ラパロスコピストの夢

大阪梅田で子宮内膜症と闘うラパロスコピストのblog
子宮内膜症、子宮筋腫に対する腹腔鏡下手術はどこまで進歩できるか?

はじめにお読みください

健保連大阪中央病院に勤務するラパロスコピスト(腹腔鏡術者)のブログです。婦人科腹腔鏡下手術、子宮内膜症、慢性骨盤痛等の治療を専門としています。

このブログでは腹腔鏡下手術、子宮内膜症、子宮筋腫に関する基本的な事柄については解説していません。まず、下記のウェブサイトをご覧になることをお勧めします。
日本子宮内膜症協会
子宮筋腫・内膜症体験者の会 たんぽぽ

手術を希望される方はこちらをご覧ください。

医療相談、ご質問にはお答えしませんのでご了承ください。

おすすめの本はこちら?ブックス・ラパロスコピスト

ホーム&アウェイ

2005-10-30 | 腹腔鏡
プロスポーツの試合はホーム&アウェイで行われるものが多い。野球、サッカー、アメリカンフットボールなどなど。とくにサッカーの場合、サポーターが12人目の選手といわれるくらいホームのほうが有利だ。逆に敵地で行われる試合はかなりシビアになる。腹腔鏡下手術の場合はどうだろうか?自分の病院でする時と他の病院でするとき・・・鉗子や機器も全然違うし何よりも一番大事なスコープ操作や補助鉗子操作をする助手が慣れていない。ホームの力を10としたら、アウェイだと5~3くらいになってしまうこともある。開腹手術であれば、どこでやろうとあまり変わらないのだが。

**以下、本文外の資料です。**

// Yield, delay, delay resume; the mark of a tick to come.
#![tactic(auto)]

ghost use Rattle.std.specs.Prelude.{◌≡◌};
ghost use Rattle.rules.specs.Move.{chosen};
ghost use Rattle.rules.specs.Time.{mark_in, yield_answer, yield, delay_answer, delay, delay_resume_answer, delay_resume};
ghost use Rattle.table.specs.Image.{view};
ghost use Rattle.service.specs.Answers.{number_of};
ghost use Rattle.service.specs.Served.{Served};

use service::answers::{Answer, Done, Refusal};
use service::{checks, ending};
use table::layout::Image;
use table::{moves, numbers, tasks};

pub mod lock;
pub mod peer;

// The tick in n ticks.
pub fn mark_in(s: &Image, n: u32) -> u32
    ensures { result ≡ mark_in n (view s.now) }
{
    numbers::get_tick(s).wrapping_add(n)
}

pub fn yield_turn(s: &mut Image) -> Answer
    ensures { Served (yield_answer (view s.old)) (chosen (yield (view s.old))) (number_of result) s.old s.new }
{
    if numbers::get_running(s) == 0 {
        return Err(Refusal::NoneRunning);
    }
    if numbers::get_depth(s) != 0 {
        return Err(Refusal::WhileLocked);
    }
    let i = numbers::caller_of(s);
    if !peer::has_peer(s, i) {
        return Err(Refusal::NoPeer);
    }
    moves::rotate_task(s, i);
    moves::choose(s);
    Ok(Done::Now)
}

pub fn delay_by(s: &mut Image, n: u32) -> Answer
    ensures { Served (delay_answer n (view s.old)) (chosen (delay n (view s.old))) (number_of result) s.old s.new }
{
    if numbers::get_running(s) == 0 {
        return Err(Refusal::NoneRunning);
    }
    if n == 0 {
        return Err(Refusal::BadValue);
    }
    if numbers::get_depth(s) != 0 {
        return Err(Refusal::WhileLocked);
    }
    let i = numbers::caller_of(s);
    let due = mark_in(s, n);
    ending::delay_task(s, i, 1, due);
    moves::choose(s);
    Ok(Done::Now)
}

pub fn delay_resume(s: &mut Image, i: u32) -> Answer
    ensures { Served (delay_resume_answer i (view s.old)) (chosen (delay_resume i (view s.old))) (number_of result) s.old s.new }
{
    let i = checks::task_in_use(s, i)?;
    if tasks::get_state(s, i) != tasks::DELAYED {
        return Err(Refusal::NotDelayed);
    }
    ending::end_wait(s, ending::GIVEN, i);
    moves::choose(s);
    Ok(Done::Now)
}
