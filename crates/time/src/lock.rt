// Lock, unlock.
ghost use Rattle.rules.specs.Move.{chosen};
ghost use Rattle.rules.specs.Lock.{lock_answer, lock, unlock_answer, unlock};
ghost use Rattle.table.specs.Image.{view};
ghost use Rattle.service.specs.Answers.{number_of};
ghost use Rattle.service.specs.Served.{Served};

use service::answers::{Answer, Done, Refusal};
use service::checks;
use table::layout::Image;
use table::{moves, numbers};

pub fn lock_on(s: &mut Image) -> Answer
    ensures { Served (lock_answer (view s.old)) (chosen (lock (view s.old))) (number_of result) s.old s.new }
{
    let d = numbers::get_depth(s);
    if checks::MOST_NESTED <= d {
        return Err(Refusal::NestedTooDeep);
    }
    numbers::set_depth(s, d + 1);
    moves::choose(s);
    Ok(Done::Now)
}

pub fn unlock_once(s: &mut Image) -> Answer
    ensures { Served (unlock_answer (view s.old)) (chosen (unlock (view s.old))) (number_of result) s.old s.new }
{
    let d = numbers::get_depth(s);
    if d == 0 {
        return Err(Refusal::NotLocked);
    }
    numbers::set_depth(s, d - 1);
    moves::choose(s);
    Ok(Done::Now)
}
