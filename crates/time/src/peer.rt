// Whether another able task has a task's working priority.
ghost use Rattle.std.specs.Prelude.{◌≡◌, ◌<◌};
ghost use Rattle.rules.specs.Sizes.{task_count};
ghost use Rattle.rules.specs.Sound.{once};
ghost use Rattle.rules.specs.Table.{task_of};
ghost use Rattle.rules.specs.Move.{peer_below};
ghost use Rattle.table.specs.Image.{view};
ghost use Rattle.time.specs.Peers.{is_plain_with, plain_below, is_alone, is_peer, is_second_peer};

use table::layout::Image;
use table::{layout, moves, tasks};

// Whether task j is able, other than i, and of the working priority w.
fn is_peer(s: &Image, j: usize, i: usize, w: u8) -> bool
    requires { j < task_count }
    ensures { result ≡ is_peer j i w (view s.now) }
{
    let able = moves::is_able(s, j);
    let work = tasks::get_work(s, j);
    !(j == i) & (able & (work == w))
}

// Whether another able task has the working priority of task i: each task is asked.
fn find_peer(s: &Image, i: usize) -> bool
    ensures { result ≡ peer_below task_count i (view s.now) }
{
    let w = tasks::work_at(s, i);
    for j in (0..layout::TASKS).rev() {
        if is_peer(s, j, i, w) {
            return true;
        }
    }
    false
}

// 1 where task j is plain and of the working priority w.
fn counts_as(s: &Image, j: usize, w: u8) -> u8
    requires { j < task_count }
    ensures { result ≡ once (is_plain_with w (task_of (view s.now) j)) }
{
    let work = tasks::get_work(s, j);
    let state = tasks::get_state(s, j);
    ((work == w) & (state == tasks::PLAIN)) as u8
}

// How many tasks are plain and of the working priority w. No branch for a task, so that the compiler takes many at once.
fn plain_with(s: &Image, w: u8) -> u8
    ensures { result ≡ plain_below task_count w (view s.now) }
{
    let mut n: u8 = 0;
    for j in 0..layout::TASKS {
        n += counts_as(s, j, w);
    }
    n
}

// Whether task i, plain, is the only one of its working priority that is.
fn is_alone(s: &Image, i: usize) -> bool
    ensures { result ≡ is_alone i (view s.now) }
{
    if layout::TASKS <= i {
        return false;
    }
    if tasks::get_state(s, i) != tasks::PLAIN {
        return false;
    }
    let w = tasks::get_work(s, i);
    plain_with(s, w) <= 1
}

// Whether the second of the able queue is a peer of task i.
fn is_second_peer(s: &Image, i: usize) -> bool
    ensures { result ≡ is_second_peer i (view s.now) }
{
    let v = moves::slot_in(s, layout::ABLE_QUEUE, 1) as usize;
    if v == 0 {
        return false;
    }
    if layout::TASKS < v {
        return false;
    }
    let w = tasks::work_at(s, i);
    is_peer(s, v - 1, i, w)
}

// Whether another able task has the working priority of task i. Two quick questions mostly settle it, and else each task is asked.
pub fn has_peer(s: &Image, i: usize) -> bool
    ensures { result ≡ peer_below task_count i (view s.now) }
{
    if is_alone(s, i) {
        return false;
    }
    if is_second_peer(s, i) {
        return true;
    }
    find_peer(s, i)
}
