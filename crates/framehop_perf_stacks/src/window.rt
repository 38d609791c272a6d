//! Windows of times, as they are asked for.
ghost use Rattle.std.specs.Prelude.{◌≡◌, ◌≤◌, ◌++◌, ◌==◌, map, length, replicate, IfOk, OnOk};
ghost use Rattle.std.specs.List.{list_any, position_or_len};
ghost use Rattle.framehop_perf_stacks.specs.Window.{before_byte, after_byte, lines_of, nanoseconds_by, nanoseconds_of, bound_of, window_by, window_of};

use framehop_folded::text::count_of;
use std::alloc::{AllocError, Global};

/// How many digits of a second nanoseconds have.
const DIGITS: usize = 9;

/// A window of times, each in nanoseconds. One that is left out is no bound.
#[derive(Clone, Copy, PartialEq, Eq)]
pub struct Window {
    /// The first time.
    pub first: Option<u64>,
    /// The last time.
    pub last: Option<u64>,
}

/// Reads a window of times: `FROM,TO` in seconds, as perf prints them, of which each may be left out. Returns `None` where
/// there is no comma, a time has no decimal digits or more than nine after its point, or is 2^64 nanoseconds or more.
pub fn window_of(alloc: Global, text: &[u8]) -> Result<Option<Window>, AllocError>
    ensures { IfOk result (λ window. window ≡ window_of text.now) }
{
    if !has_comma(text) {
        return Ok(None);
    }
    let first = bound_of(alloc, before_byte(b',', text))?;
    let last = bound_of(alloc, after_byte(b',', text))?;
    Ok(window_by(first, last))
}

/// Returns the lines of a text.
pub(crate) fn lines_of(alloc: Global, text: &[u8]) -> Result<Vec<&[u8]>, AllocError>
    ensures { IfOk result (λ lines. map (λ line. line.now) lines.items ≡ lines_of text.entry.now) }
{
    text.split(|byte| *byte == b'\n').collect(alloc)
}

/// Returns whether a text has a comma.
fn has_comma(text: &[u8]) -> bool
    ensures { result ≡ list_any (λ b. b == 44) text.now }
{
    text.iter().any(|byte| *byte == b',')
}

/// Returns the window of two bounds, where both can be read.
fn window_by(first: Option<Option<u64>>, last: Option<Option<u64>>) -> Option<Window>
    ensures { result ≡ window_by first last }
{
    let first = first?;
    let last = last?;
    Some(Window { first, last })
}

/// Reads a bound of a window, which may be left out.
fn bound_of(alloc: Global, text: &[u8]) -> Result<Option<Option<u64>>, AllocError>
    ensures { IfOk result (λ bound. bound ≡ bound_of text.now) }
{
    if text.is_empty() {
        return Ok(Some(None));
    }
    match nanoseconds_of(alloc, text)? {
        Some(time) => Ok(Some(Some(time))),
        None => Ok(None),
    }
}

/// Reads a time in seconds, and returns it in nanoseconds.
fn nanoseconds_of(alloc: Global, text: &[u8]) -> Result<Option<u64>, AllocError>
    ensures { IfOk result (λ time. time ≡ nanoseconds_of text.now) }
{
    nanoseconds_by(alloc, before_byte(b'.', text), after_byte(b'.', text))
}

/// Returns a time in nanoseconds by its digits before and after the point.
fn nanoseconds_by(alloc: Global, seconds: &[u8], fraction: &[u8]) -> Result<Option<u64>, AllocError>
    ensures { IfOk result (λ time. time ≡ nanoseconds_by seconds.now fraction.now) }
{
    if fraction.len() > DIGITS {
        return Ok(None);
    }
    let mut digits = Vec::from_slice(alloc, seconds)?;
    digits.extend_from_slice(fraction)?;
    let size = digits.len() + (DIGITS - fraction.len());
    digits.resize(size, b'0')?;
    Ok(count_of(digits.as_slice()))
}

/// Returns what of a text is before the first of a byte: all where there is none.
pub(crate) fn before_byte(byte: u8, text: &[u8]) -> &[u8]
    ensures { result.now ≡ before_byte byte text.entry.now }
{
    &text[..position_of(byte, text)]
}

/// Returns what of a text is after the first of a byte: nothing where there is none.
pub(crate) fn after_byte(byte: u8, text: &[u8]) -> &[u8]
    ensures { result.now ≡ after_byte byte text.entry.now }
{
    text.get(position_of(byte, text) + 1..).unwrap_or(&[])
}

/// Returns where the first of a byte is in a text, or how long the text is.
fn position_of(byte: u8, text: &[u8]) -> usize
    ensures position { result ≡ position_or_len (λ b. b == byte) text.now }
    ensures within { result ≤ length text.now }
{
    text.iter().take_while(|one| **one != byte).count()
}
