//! A sample and its stack as JSON.
ghost use Rattle.std.specs.Prelude.{ℕ, ◌≡◌, false, List, IfOk};
ghost use Rattle.serde_json.specs.Data.{object, Members};
ghost use Rattle.serde_json.specs.View.{view};
ghost use Rattle.serde_json.specs.Written.{has_float};
ghost use Rattle.framehop_frames.specs.JsonValues.{number_data, or_null};
ghost use Rattle.framehop_perf_stacks.specs.Json.{told_if, time_if, thread_members, stack_members, stack_line, rest_text, counted_line};
ghost use Rattle.framehop_perf_stacks.specs.Samples.{end_of, stack_of, name_of_end, address_of_end, json_text, thread_told};
ghost use Rattle.framehop_processes.specs.Mappings.{IsInOrder};

use crate::run::Options;
use crate::sample_stack::{EndedStack, SampleAt, StackEnd, address_of_end, name_of_end};
use framehop_frames::json_frames::frames_value;
use framehop_frames::json_values::{address_value, name_text, number_value};
use framehop_recording::sample::Sample;
use serde_json::{Value, json};
use std::alloc::{AllocError, Global};

/// What is told of the thread of a sample besides its name.
#[derive(Clone, Copy, Drop)]
struct ToldThread {
    pid: Option<u32>,
    tid: Option<u32>,
    /// In nanoseconds.
    time: Option<u64>,
}

/// Returns the JSON of a sample's stack, but for its count: what is after a comma.
pub(crate) fn stack_json<R: Copy>(
    alloc: Global,
    at: SampleAt<'_, '_>,
    stack: EndedStack<'_, R>,
) -> Result<Vec<u8>, AllocError>
    requires { IsInOrder 0 at.mappings.now }
    ensures { IfOk result (λ text. text.items ≡ json_text at.entry.files.now at.entry.mappings.now (stack_of stack.entry)
        (thread_told at.entry.options at.entry.name.now at.entry.sample)) }
{
    let frames = frames_value(alloc, at.files, at.mappings, stack.frames)?;
    rest_text(alloc, at, frames, stack.end)
}

/// Returns the text of a sample's JSON, by its frames, but for its count: what is after a comma.
fn rest_text(
    alloc: Global,
    at: SampleAt<'_, '_>,
    frames: Value,
    end: StackEnd,
) -> Result<Vec<u8>, AllocError>
    ensures { has_float (view frames) ≡ false → IfOk result (λ text. text.items
        ≡ rest_text (stack_members (name_of_end (end_of end)) (address_of_end (end_of end)) (view frames)
        (thread_told at.entry.options at.entry.name.now at.entry.sample))) }
{
    let value = stack_value(alloc, at, frames, end)?;
    let text = value.to_string(alloc)?;
    let mut rest = Vec::new(alloc);
    if let Some((_brace, members)) = text.as_bytes().split_first() {
        rest.push(b',')?;
        rest.extend_from_slice(members)?;
    }
    Ok(rest)
}

/// Returns the JSON of a sample, by its frames, but for its count.
fn stack_value(
    alloc: Global,
    at: SampleAt<'_, '_>,
    frames: Value,
    end: StackEnd,
) -> Result<Value, AllocError>
    ensures { IfOk result (λ value. view value
        ≡ object (stack_members (name_of_end (end_of end)) (address_of_end (end_of end)) (view frames)
        (thread_told at.entry.options at.entry.name.now at.entry.sample))) }
{
    let name = name_text(alloc, at.name)?;
    let thread = told_thread(at.sample, at.options);
    let pid = number_value(thread.pid);
    let tid = number_value(thread.tid);
    let time = time_value(thread.time);
    let end_address = address_value(alloc, address_of_end(end))?;
    let end = name_of_end(end);
    json!(in alloc; {
        "name": name.as_str(),
        "pid": pid,
        "tid": tid,
        "time": time,
        "frames": frames,
        "end": end,
        "end_address": end_address
    })
}

/// Returns what is told of the thread of a sample besides its name: nothing where the sample can't be read.
fn told_thread(sample: Option<Sample<'_>>, options: Options<'_>) -> ToldThread
    ensures { (name : List ℕ) → thread_members name result.pid result.tid result.time ≡ thread_told options.entry name sample.entry }
{
    let Some(sample) = sample else {
        return ToldThread {
            pid: None,
            tid: None,
            time: None,
        };
    };
    let is_told = options.frames || options.by_thread;
    ToldThread {
        pid: told_if(is_told, sample.pid),
        tid: told_if(is_told, sample.tid),
        time: time_if(options.frames, sample.time),
    }
}

/// Returns a number where it is told.
fn told_if(is_told: bool, number: u32) -> Option<u32>
    ensures { result ≡ told_if is_told number }
{
    if is_told { Some(number) } else { None }
}

/// Returns the time of a sample where it is told.
fn time_if(is_told: bool, time: Option<u64>) -> Option<u64>
    ensures { result ≡ time_if is_told time }
{
    if is_told { time } else { None }
}

/// Returns a time in nanoseconds, or null where there is none.
fn time_value(time: Option<u64>) -> Value
    ensures { view result ≡ or_null number_data time }
{
    match time {
        Some(time) => Value::from(time),
        None => Value::Null,
    }
}

/// Returns the line of a stack that was counted so often, by the text of its JSON but for the count.
pub(crate) fn counted_line(alloc: Global, count: u64, text: &[u8]) -> Result<Vec<u8>, AllocError>
    ensures line { IfOk result (λ line. line.items ≡ counted_line count text.now) }
    ensures json { (members : Members) → text.now ≡ rest_text members → IfOk result (λ line. line.items ≡ stack_line count members) }
{
    let front = format!(in alloc; "{{\"count\":{count}")?;
    let mut line = front.into_bytes();
    line.extend_from_slice(text)?;
    line.push(b'\n')?;
    Ok(line)
}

1~2年前にAPAGE(Asia-Pacific Association for Gynecologic Endoscopy and Minimally Invasive Therapy)が台湾であったとき、Harry Reichがライブサージェリーをしたときのことを聞いた。それほど難しい症例ではなかったらしいが、意外にも出血が多く開腹手術に変更になってしまったらしい。そのライブを見た人の中で、Reichの時代はもう終わったという人が何人かいた。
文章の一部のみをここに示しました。